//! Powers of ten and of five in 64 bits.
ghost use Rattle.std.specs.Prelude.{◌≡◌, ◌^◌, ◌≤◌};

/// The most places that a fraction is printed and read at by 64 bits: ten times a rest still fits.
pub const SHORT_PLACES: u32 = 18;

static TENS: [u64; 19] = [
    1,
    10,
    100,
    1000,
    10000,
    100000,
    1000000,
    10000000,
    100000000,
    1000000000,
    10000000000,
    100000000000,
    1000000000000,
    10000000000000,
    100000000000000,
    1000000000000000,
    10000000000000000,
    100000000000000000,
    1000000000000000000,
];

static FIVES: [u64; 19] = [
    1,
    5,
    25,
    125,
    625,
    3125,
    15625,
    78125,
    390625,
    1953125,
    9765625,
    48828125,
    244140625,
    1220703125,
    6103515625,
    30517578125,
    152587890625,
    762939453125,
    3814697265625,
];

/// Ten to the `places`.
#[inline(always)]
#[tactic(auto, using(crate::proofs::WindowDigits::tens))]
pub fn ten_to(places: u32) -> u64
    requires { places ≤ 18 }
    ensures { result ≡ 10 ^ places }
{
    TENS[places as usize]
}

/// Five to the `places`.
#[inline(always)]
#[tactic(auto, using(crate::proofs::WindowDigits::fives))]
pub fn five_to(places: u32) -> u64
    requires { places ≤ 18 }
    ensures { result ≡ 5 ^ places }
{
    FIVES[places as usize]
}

TASK INSTRUCTIONS: All lines in the records above that contain "static" are to be reported.

THE COMPLETED TASK:
static TENS: [u64; 19] = [
static FIVES: [u64; 19] = [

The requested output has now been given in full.